Numerous groups have pointed out that PETA does indeed have a very unpleasant and dark side that goes against the image it is trying to convey.

For example, in 2017 The Washington Times reported shocking statistics on how many healthy animals PETA had euthanized:

“Last year, the People for the Ethical Treatment of Animals killed more than 1,400 cats and dogs at its Virginia headquarters — roughly 72 percent of the animals put in its care.

“Since 1998, PETA has euthanized more than 36,000 cats and dogs — nearly 86 percent of its animals. In one recent year, the animal rights group killed 1,911 out of the 1,992 cats and dogs it took in.

“According to the Virginia Department of Agriculture and Consumer Services, PETA is unusually adept as a euthanasia shelter.

“The euthanization rate among all private animal shelters in Virginia was 10.1 percent in 2016. At PETA? The kill rate was 71.9 percent — more than seven times higher.”

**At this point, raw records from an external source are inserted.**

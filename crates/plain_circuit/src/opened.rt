//! Relay cells from the client's side with this relay's layer taken off, and which are recognised.

ghost use Rattle.std.specs.Prelude.{◌≡◌, ℕ, ◌+◌, ◌*◌, ◌^◌, ◌<◌, ◌&&◌, ◌++◌, ◌∷◌, [], List, IfOk, bytes_eq, length, take, drop};
ghost use Rattle.crypto_spec.specs.HopLayer.{layered};
ghost use Rattle.crypto_spec.specs.Keystream.{keystream_part};
ghost use Rattle.crypto_spec.specs.RunningDigest.{running_digest};
ghost use Rattle.run_digest.specs.HashState.{HasAbsorbed};
ghost use Rattle.circuit_model.specs.Log.{Entry as ModelEntry, pushed};
ghost use Rattle.circuit_model.specs.Opened.{keys_in, no_keys, born_keys, pad_in, born_pad, is_forward, forward_count, plain_body, with_recognised, recognised_with, recognised_bodies};
ghost use Rattle.plain_circuit.specs.Reading.{IsReader};
ghost use Rattle.plain_circuit.specs.Values.{log_of};

use crate::log::Entry;
use aes_ctr::Stream;
use circuit_model::Event;
use kdf_tor::LayerKeys;
use run_digest::Running;
use std::alloc::{AllocError, Global};

fn keys_in(event: &Event) -> Option<LayerKeys>
    ensures { result ≡ keys_in event.now }
{
    match event {
        Event::Born(_, keys, _) => Some(*keys),
        _ => None,
    }
}

/// Stands in for the keys before the circuit is opened.
fn no_keys() -> LayerKeys
    ensures { result ≡ no_keys }
{
    LayerKeys {
        df: [0; 20],
        db: [0; 20],
        kf: [0; 16],
        kb: [0; 16],
    }
}

/// The keys that the circuit was opened with; zero bytes stand in before that.
pub fn born_keys(log: &[Entry<'_>]) -> LayerKeys
    ensures { result ≡ born_keys (log_of log.now) }
{
    let mut keys = no_keys();
    for entry in log {
        if let Some(new_keys) = keys_in(entry.event) {
            keys = new_keys;
        }
    }
    keys
}

fn pad_in(event: &Event) -> Option<[u8; 16]>
    ensures { result ≡ pad_in event.now }
{
    match event {
        Event::Born(_, _, pad) => *pad,
        _ => None,
    }
}

/// The key of the padding that the circuit was opened with, if there is one.
pub fn born_pad(log: &[Entry<'_>]) -> Option<[u8; 16]>
    ensures { result ≡ born_pad (log_of log.now) }
{
    let mut pad = None;
    for entry in log {
        if let Some(new_pad) = pad_in(entry.event) {
            pad = Some(new_pad);
        }
    }
    pad
}

fn is_forward(event: &Event) -> bool
    ensures { result ≡ is_forward event.now }
{
    matches!(event, Event::Forward(_, _))
}

/// How many relay cells came from the client's side.
pub fn forward_count(log: &[Entry<'_>]) -> usize
    ensures { result ≡ forward_count (log_of log.now) }
{
    let mut count = 0;
    for entry in log {
        if is_forward(entry.event) {
            count += 1;
        }
    }
    count
}

/// The keystream of a cipher key, behind `n` bodies.
fn keystream_behind(key: &[u8; 16], n: usize) -> Stream
    ensures key { result.key ≡ key.now }
    ensures position { result.position ≡ 509 * n }
{
    let mut stream = Stream::of(key);
    let mut scratch = [0; 509];
    for number in 0..n {
        stream.apply(&mut scratch);
    }
    stream
}

/// Body number `n` of its direction with the layer of a cipher key put on or taken off.
#[tactic(auto, unfolding(crypto_spec::specs::HopLayer::layered))]
pub fn layered(key: &[u8; 16], n: usize, body: &[u8; 509]) -> [u8; 509]
    ensures { result ≡ layered key.now (509 * n) body.now }
{
    let mut layered_body = *body;
    keystream_behind(key, n).apply(&mut layered_body);
    layered_body
}

/// The 509 bytes of a key's keystream for body number `n`.
#[tactic(auto, using(circuit_model::proofs::Keystreams::xor_of_zeros), unfolding(crypto_spec::specs::HopLayer::layered))]
pub fn keystream_for(key: &[u8; 16], n: usize) -> [u8; 509]
    ensures { result ≡ keystream_part key.now (509 * n) 509 }
{
    layered(key, n, &[0; 509])
}

/// The next forward body with this relay's layer taken off.
pub fn plain_body(log: &[Entry<'_>], body: &[u8; 509]) -> [u8; 509]
    ensures { result ≡ plain_body (log_of log.now) body.now }
{
    layered(&born_keys(log).kf, forward_count(log), body)
}

fn running_of(seed: &[u8; 20], bodies: &[[u8; 509]]) -> Running
    ensures { HasAbsorbed result seed.now bodies.now }
{
    let mut running = Running::seeded(seed);
    for body in bodies {
        running.absorb(body);
    }
    running
}

/// The running digest of these bodies.
pub fn digest_of(seed: &[u8; 20], bodies: &[[u8; 509]]) -> [u8; 20]
    ensures { result ≡ running_digest seed.now bodies.now }
{
    running_of(seed, bodies).digest()
}

/// Whether a plain body is recognised whose running digest with it is this one: its field Recognized
/// is zero, and its Digest is the first four bytes.
pub fn is_recognised_by(plain: &[u8; 509], digest: &[u8; 20]) -> bool
    ensures { result ≡ bytes_eq (take 2 (drop 1 plain.now)) (0 ∷ 0 ∷ []) && bytes_eq (take 4 (drop 5 plain.now))
        (take 4 digest.now) }
{
    let is_zero = plain[1..3] == [0, 0];
    let fits = plain[5..9] == digest[..4];
    is_zero && fits
}

/// The running digest of these bodies and one more.
pub fn digest_with(
    alloc: Global,
    seed: &[u8; 20],
    earlier_bodies: &[[u8; 509]],
    plain: &[u8; 509],
) -> Result<[u8; 20], AllocError>
    ensures { IfOk result (λ digest. digest ≡ running_digest seed.now (earlier_bodies.now ++ plain.now ∷ [])) }
{
    let mut bodies = Vec::from_slice(alloc, earlier_bodies)?;
    bodies.push(*plain)?;
    Ok(digest_of(seed, &bodies))
}

/// The cipher and the running digest that are due to the next forward body of a log.
#[derive(Drop)]
struct Reader {
    stream: Stream,
    running: Running,
}

impl Reader {
    /// Behind `count` forward bodies, these of them recognised.
    fn of(keys: &LayerKeys, count: usize, bodies: &[[u8; 509]]) -> Reader
        ensures key { result.stream.key ≡ keys.now.kf }
        ensures position { result.stream.position ≡ 509 * count }
        ensures digest { HasAbsorbed result.running keys.now.df bodies.now }
    {
        Reader {
            stream: keystream_behind(&keys.kf, count),
            running: running_of(&keys.df, bodies),
        }
    }

    /// The next forward body, plain, if it is recognised.
    #[tactic(auto, unfolding(crypto_spec::specs::HopLayer::layered, crypto_spec::specs::HopLayer::is_recognised))]
    fn open(&mut self, body: &[u8; 509]) -> Option<[u8; 509]>
        requires { self.old.stream.position < 2 ^ 100 }
        ensures more { (seed : List ℕ) (bodies : List (List ℕ)) → HasAbsorbed self.old.running seed bodies
            → pushed bodies result ≡ with_recognised seed bodies (layered self.old.stream.key self.old.stream.position body.now) }
        ensures digest { (seed : List ℕ) (bodies : List (List ℕ)) → HasAbsorbed self.old.running seed bodies
            → HasAbsorbed self.new.running seed (pushed bodies result) }
        ensures key { self.new.stream.key ≡ self.old.stream.key }
        ensures position { self.new.stream.position ≡ self.old.stream.position + 509 }
    {
        let mut plain = *body;
        self.stream.apply(&mut plain);
        if is_recognised_by(&plain, &self.running.look_with(&plain)) {
            self.running.absorb(&plain);
            Some(plain)
        } else {
            None
        }
    }

    /// The plain body that an event behind a log adds to the recognised ones.
    fn read(&mut self, log: &[Entry<'_>], bodies: &[[u8; 509]], event: &Event) -> Option<[u8; 509]>
        requires short { length log.now < 2 ^ 64 }
        requires reader { IsReader self.old.stream self.old.running (log_of log.now) }
        requires recognised { bodies.now ≡ recognised_bodies (log_of log.now) }
        ensures more { pushed bodies.now result ≡ recognised_with (log_of log.now) bodies.now event.now }
        ensures next { (entry : ModelEntry) → entry.event ≡ event.now
            → IsReader self.new.stream self.new.running (entry ∷ log_of log.now) }
    {
        match event {
            Event::Born(_, keys, _) => {
                *self = Reader::of(keys, forward_count(log), bodies);
                None
            }
            Event::Forward(_, body) => self.open(body),
            _ => None,
        }
    }
}

/// The plain bodies that were recognised, oldest first.
pub fn recognised_bodies(alloc: Global, log: &[Entry<'_>]) -> Result<Vec<[u8; 509]>, AllocError>
    ensures { IfOk result (λ bodies. bodies.items ≡ recognised_bodies (log_of log.now)) }
{
    let mut bodies = Vec::new(alloc);
    let mut reader = Reader::of(&no_keys(), 0, &[]);
    for (i, entry) in log.iter().enumerate() {
        if let Some(body) = reader.read(&log[..i], &bodies, entry.event) {
            bodies.push(body)?;
        }
    }
    Ok(bodies)
}
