//! The next hop of a circuit.

ghost use Rattle.std.specs.Prelude.{◌≡◌};
ghost use Rattle.circuit_model.specs.NextHop.{hop_by, next_hop};
ghost use Rattle.plain_circuit.specs.Values.{log_of};

use crate::log::Entry;
use circuit_model::{Effects, Event, NextHop};

/// What an event makes of the next hop.
fn hop_by(event: &Event, effects: &Effects) -> Option<NextHop>
    ensures { result ≡ hop_by event.now effects.now }
{
    match event {
        Event::Linked => Some(NextHop::Waiting),
        Event::Answered(_) => Some(NextHop::There),
        _ if effects.dial.is_some() => Some(NextHop::Dialling),
        _ if effects.cut => Some(NextHop::Absent),
        _ => None,
    }
}

/// The newest entry that says something of the next hop decides.
pub fn next_hop(log: &[Entry<'_>]) -> NextHop
    ensures { result ≡ next_hop (log_of log.now) }
{
    let mut hop = NextHop::Absent;
    for entry in log {
        if let Some(next) = hop_by(entry.event, &entry.effects) {
            hop = next;
        }
    }
    hop
}
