//! What the relay's operator allows: which names a client may be connected to, and where each leads.

ghost use Rattle.std.specs.Prelude.{◌≡◌, find, map, option_map};
ghost use Rattle.circuit_model.specs.Rules.{allows, has_host, allowed_address, resolved_address};
ghost use Rattle.plain_circuit.specs.Values.{allow_of, rules_of};

use tor_spec::Address;

/// One allowed name: host and port, and the address that a stream to it is connected to.
#[derive(Drop)]
pub struct Allow {
    pub host: Vec<u8>,
    pub port: u16,
    pub to: Address,
}

#[derive(Drop)]
pub struct Rules {
    pub allow: Vec<Allow>,
    /// How many DATA a circuit may package before its first SENDME.
    pub window: u32,
    /// The least version of a circuit's SENDME that is accepted.
    pub least: u8,
}

/// Whether a line has this host, ASCII letters compared without case.
fn has_host(host: &[u8], line: &Allow) -> bool
    ensures { result ≡ has_host host.now (allow_of line.now) }
{
    line.host.as_slice().eq_ignore_ascii_case(host)
}

fn allows(host: &[u8], port: u16, line: &Allow) -> bool
    ensures { result ≡ allows (record { host = host.now; port = port }) (allow_of line.now) }
{
    has_host(host, line) && line.port == port
}

/// The address of the first of these lines that has this host and port.
fn allowed_among(lines: &[Allow], host: &[u8], port: u16) -> Option<Address>
    ensures { result
        ≡ option_map (λ line. line.to) (find (allows (record { host = host.now; port = port })) (map allow_of lines.now)) }
{
    let (line, rest) = lines.split_first()?;
    if allows(host, port, line) {
        Some(line.to)
    } else {
        allowed_among(rest, host, port)
    }
}

/// The address of the first of these lines that has this host.
fn resolved_among(lines: &[Allow], host: &[u8]) -> Option<Address>
    ensures { result ≡ option_map (λ line. line.to) (find (has_host host.now) (map allow_of lines.now)) }
{
    let (line, rest) = lines.split_first()?;
    if has_host(host, line) {
        Some(line.to)
    } else {
        resolved_among(rest, host)
    }
}

/// Where a stream to this host and port leads.
#[tactic(auto, unfolding(circuit_model::specs::Rules::allowed_address))]
pub fn allowed_address(rules: &Rules, host: &[u8], port: u16) -> Option<Address>
    ensures { result ≡ allowed_address (rules_of rules.now) (record { host = host.now; port = port }) }
{
    allowed_among(&rules.allow, host, port)
}

/// What a host name resolves to.
#[tactic(auto, unfolding(circuit_model::specs::Rules::resolved_address))]
pub fn resolved_address(rules: &Rules, host: &[u8]) -> Option<Address>
    ensures { result ≡ resolved_address (rules_of rules.now) host.now }
{
    resolved_among(&rules.allow, host)
}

The Center for Consumer Freedom (CCF) released an affidavit revealing shocking information about PETA as it faced a $9 million lawsuit for stealing and killing a man’s dog in Virginia:

“Virginia resident Wilbur Zarate sued PETA in 2015 after two employees stole his family Chihuahua, named Maya, from his porch and euthanized her within hours.

“Now, Heather Harper-Troje, who worked for PETA’s Community Animal Project, has filed an affidavit alleging the PETA program had a sickening obsession with death driven by PETA president and co-founder Ingrid Newkirk.”

Columnist Debra Saunders wrote an opinion piece critical of PETA and the radicalness of Newkirk:

“PETA always has been about killing animals. A 2003 New Yorker profile included PETA top dog Ingrid Newkirk‘s story of how she became involved in animal rights after a shelter put down stray kittens she brought there.

“So she went to work for an animal shelter in the 1970s, where, she explained, ‘I would go to work early, before anyone got there, and I would just kill the animals myself. Because I couldn’t stand to let them go through (other workers abusing the animals.) I must have killed a thousand of them, sometimes dozens every day.’

“That’s right. PETA assails other parties for killing animals for food or research. Then it kills animals — but for really important reasons, such as running out of room.”

Saunders also noted:

“Newkirk also told the New Yorker the world would be a better place without people. She explained why she had herself sterilized: ‘I am opposed to having children. Having a purebred human baby is like having a purebred dog; it’s nothing but vanity, human vanity.’

“Now you know. People for the Ethical Treatment of Animals doesn’t really like people. PETA has no use for ethics. And PETA kills animals.”

HuffPost also wrote about PETA:

“People for the Ethical Treatment of Animals (PETA) is an organization that publicly claims to represent the best interest of animals — indeed their ‘ethical treatment.’ Yet approximately 2,000 animals pass through PETA’s front door every year and very few make it out alive.

“The vast majority — 96 percent in 2011 — exit the facility out the back door after they have been killed, when Pet Cremation Services of Tidewater stops by on their regular visits to pick up their remains.”

To point out PETA’s gaslighting efforts, HuffPost also included graphic photos of euthanized animals in its article, writing:

“Most animal lovers find this hard to believe. But seeing is believing. And if it is true that a picture speaks a thousand words, the following images speak volumes about who and what PETA really stands for.

The PETA headquarters is on the aptly named Front Street. While claiming to be an animal rights organization, PETA does not believe animals have a right to live.

“Instead, it believes that people have a right to kill them, as long as the killing is done ‘humanely,’ which PETA interprets to mean poisoning them with an overdose of barbiturates, even if the animals are not suffering.”

Maybe PETA should look in the mirror and figure out how to better save the lives of animals instead of killing them by the thousands as if it were a Planned Parenthood for living pets.

Maybe TikTok should focus on promoting videos that denounce China’s own horrendous abuses of both humans and animals instead of cancelling U.S. hunters for legally culling feral pigs.

Maybe it’s time to find new organizations and platforms that do not promote gaslighting or censorship.